Convolution-based Bandpass Filter

Description

This module implements a convolution-based bandpass filter for EEG data. The bandpass_conv function uses a kernel derived from windowed sinc functions to perform the filtering.

Function

bciflow.modules.tf.bandpass.convolution.bandpass_conv(eegdata, low_cut=4, high_cut=40, transition=None, window_type='hamming', kind='same')[source]
Parameters:
  • eegdata (dict) – A dictionary containing the EEG data, where the key ‘X’ holds the raw signal and ‘sfreq’ holds the sampling frequency.

  • low_cut (int) – The lower cutoff frequency of the bandpass filter (default is 4 Hz).

  • high_cut (int) – The upper cutoff frequency of the bandpass filter (default is 40 Hz).

  • transition (int or float) – The transition bandwidth for the filter (default is half the passband width).

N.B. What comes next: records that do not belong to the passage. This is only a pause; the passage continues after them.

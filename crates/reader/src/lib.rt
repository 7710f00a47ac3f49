// The thin reader: a slice and a place in it, which each field that is read moves on. A field is read at any place: a byte past the end
// reads 0, and the place after a field is never beyond the end. A reader walks a card's head, its contours and its pairs, in file order.
#![tactic(auto)]

ghost use Rattle.std.specs.Prelude.{◌≡◌, ◌+◌, ◌*◌, ◌-◌, ◌≤◌, min, length};
ghost use Rattle.fields.specs.Limits.{vertex_limit};
ghost use Rattle.fields.specs.Layout.{grid_of};
ghost use Rattle.reader.specs.Fields.{field_at};
ghost use Rattle.reader.specs.Walk.{walk, eights};
ghost use Rattle.reader.specs.OnCard.{filled, head_of, contour_head, group_of, contour_read, pair_read};

use fields::{GRID_AT, PART_AT, PAYLOAD_AT, VERTICES};

// The coordinates of the most vertices.
const COORDINATES: usize = 2 * VERTICES;

// A slice and the place in it where the next field begins.
#[derive(Clone, Copy)]
pub struct Reader<'a> {
    pub src: &'a [u8],
    pub at: usize,
}

// How many bytes a field has.
#[derive(Clone, Copy)]
pub enum Width {
    One,
    Two,
    Four,
    Eight,
}

// A field's value, and the place after it.
#[derive(Clone, Copy)]
pub struct Field {
    pub value: u64,
    pub after: usize,
}

// ---- on a slice and a number

// The place so many bytes on, or the end.
fn past(s: &[u8], at: usize, count: usize) -> usize
    ensures { result ≡ min (at + count) (length s.now) }
{
    at.saturating_add(count).min(s.len())
}

// The field at a place.
pub fn field_at(s: &[u8], at: usize, width: Width) -> Field
    ensures { result ≡ field_at s.now at width }
{
    match width {
        Width::One => Field {
            value: u64::from(block::byte_at(s, at)),
            after: past(s, at, 1),
        },
        Width::Two => Field {
            value: u64::from(block::u16_at(s, at)),
            after: past(s, at, 2),
        },
        Width::Four => Field {
            value: u64::from(block::u32_at(s, at)),
            after: past(s, at, 4),
        },
        Width::Eight => Field {
            value: block::u64_at(s, at),
            after: past(s, at, 8),
        },
    }
}

// How many bytes stand from a place on.
pub fn left_at(s: &[u8], at: usize) -> usize
    ensures { result ≡ length s.now - at }
{
    s.len().saturating_sub(at)
}

// The field that a reader of this slice finds at a place.
pub fn read_field(s: &[u8], at: usize, width: Width) -> Field
    ensures { result ≡ field_at s.now at width }
{
    let mut r = Reader::new(s).moved(at);
    Field {
        value: r.next(width),
        after: r.at,
    }
}

// ---- the reader

impl<'a> Reader<'a> {
    // A reader at the first byte.
    pub fn new(src: &'a [u8]) -> Reader<'a>
        ensures { result ≡ record { src = src.entry; at = 0 } }
    {
        Reader { src, at: 0 }
    }

    // The same slice, at another place.
    pub fn moved(self, at: usize) -> Reader<'a>
        ensures { result ≡ record { src = self.entry.src; at = at } }
    {
        Reader { src: self.src, at }
    }

    // The next field's value. The reader goes on to the place after it.
    pub fn next(&mut self, width: Width) -> u64
        ensures { (result ≡ (field_at self.old.src.now self.old.at width).value)
            × (self.new ≡ record { src = self.old.src; at = (field_at self.old.src.now self.old.at width).after }) }
    {
        let field = field_at(self.src, self.at, width);
        self.at = field.after;
        field.value
    }

    // How many bytes are left.
    pub fn left(&self) -> usize
        ensures { result ≡ length self.now.src.now - self.now.at }
    {
        left_at(self.src, self.at)
    }
}

// ---- a card, in file order

// A card's head: its fields as numbers, home's coordinates as the bits of theirs.
#[derive(Clone, Copy)]
pub struct Head {
    pub job: u64,
    pub contours: u64,
    pub pairs: u64,
    pub candidates: u64,
    pub passes: u64,
    pub moves: u64,
    pub x: u64,
    pub y: u64,
    pub exterior: u64,
    pub interior: u64,
}

// A contour's fields before its vertices, and the place after them.
#[derive(Clone, Copy)]
pub struct ContourHead {
    pub id: u64,
    pub tag: u64,
    pub vertices: u64,
    pub kind: u64,
    pub filler: u64,
    pub after: usize,
}

// The part that a contour belongs to, and which copy of that part.
#[derive(Clone, Copy)]
struct Group {
    part: u64,
    copy: u64,
}

// A contour: its fields, and its vertices' coordinates as bits, x and y in turn, those without a vertex zero; its part
// and its copy, zero in version 1.
#[derive(Clone, Copy)]
pub struct Contour {
    pub id: u64,
    pub tag: u64,
    pub vertices: u64,
    pub kind: u64,
    pub filler: u64,
    pub coordinates: [u64; COORDINATES],
    pub part: u64,
    pub copy: u64,
}

// A pair: the id and the tag of the contour that comes before, and those of the one after it.
#[derive(Clone, Copy)]
pub struct Pair {
    pub before_id: u64,
    pub before_tag: u64,
    pub after_id: u64,
    pub after_tag: u64,
}

// The head.
pub fn read_head(card: &[u8]) -> Head
    ensures { result ≡ head_of card.now }
{
    let mut r = Reader::new(card).moved(PAYLOAD_AT);
    Head {
        job: r.next(Width::Four),
        contours: r.next(Width::Two),
        pairs: r.next(Width::Two),
        candidates: r.next(Width::Two),
        passes: r.next(Width::Two),
        moves: r.next(Width::Four),
        x: r.next(Width::Eight),
        y: r.next(Width::Eight),
        exterior: r.next(Width::One),
        interior: r.next(Width::One),
    }
}

// The byte that asks for the grid, right behind the head's other fields. Version 1 has none: nothing is read.
pub fn read_grid(card: &[u8]) -> u64
    ensures { result ≡ grid_of card.now }
{
    if fields::is_two(card) {
        Reader::new(card).moved(GRID_AT).next(Width::One)
    } else {
        0
    }
}

// Contour k's fields before its vertices: enough for who needs no vertex.
pub fn contour_head(card: &[u8], k: usize) -> ContourHead
    ensures { result ≡ contour_head card.now k }
{
    let mut r = Reader::new(card).moved(fields::contour_offset(card, k, 0));
    ContourHead {
        id: r.next(Width::Four),
        tag: r.next(Width::Four),
        vertices: r.next(Width::Two),
        kind: r.next(Width::One),
        filler: r.next(Width::One),
        after: r.at,
    }
}

// The coordinates that are kept of so many vertices.
fn kept(vertices: u64) -> usize
    ensures { result ≡ 2 * min vertices vertex_limit }
{
    2 * (vertices.min(VERTICES as u64) as usize)
}

// So many coordinates from a place on.
fn coordinates(card: &[u8], at: usize, count: usize) -> [u64; COORDINATES]
    requires { count ≤ 2 * vertex_limit }
    ensures { result ≡ filled (walk card.now at (eights count)) }
{
    let mut read = [0; COORDINATES];
    let mut r = Reader::new(card).moved(at);
    for x in &mut read[..count] {
        *x = r.next(Width::Eight);
    }
    read
}

// Contour k's part and copy, behind its vertices. Version 1 has neither: nothing is read.
fn read_group(card: &[u8], k: usize) -> Group
    ensures { result ≡ group_of card.now k }
{
    if !fields::is_two(card) {
        return Group { part: 0, copy: 0 };
    }
    let at = fields::contour_offset(card, k, PART_AT);
    let mut r = Reader::new(card).moved(at);
    Group {
        part: r.next(Width::Four),
        copy: r.next(Width::Four),
    }
}

// Contour k, with its first vertices if it names more than a contour may have.
pub fn read_contour(card: &[u8], k: usize) -> Contour
    ensures { result ≡ contour_read card.now k }
{
    let head = contour_head(card, k);
    let corners = coordinates(card, head.after, kept(head.vertices));
    let group = read_group(card, k);
    Contour {
        id: head.id,
        tag: head.tag,
        vertices: head.vertices,
        kind: head.kind,
        filler: head.filler,
        coordinates: corners,
        part: group.part,
        copy: group.copy,
    }
}

// Pair q.
pub fn read_pair(card: &[u8], q: usize) -> Pair
    ensures { result ≡ pair_read card.now q }
{
    let mut r = Reader::new(card).moved(fields::pair_offset(card, q));
    Pair {
        before_id: r.next(Width::Four),
        before_tag: r.next(Width::Four),
        after_id: r.next(Width::Four),
        after_tag: r.next(Width::Four),
    }
}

  • window_type (str) – The type of window used for the sinc function (‘hamming’ or ‘blackman’, default is ‘hamming’).

  • kind (str) – The convolution mode (‘same’ or ‘valid’, default is ‘same’).

Returns:

output – The original dictionary with the filtered data stored under the key ‘X’.

Return type:

dict

The implementation constructs low-pass and high-pass filters using windowed sinc functions and combines them into a bandpass filter kernel.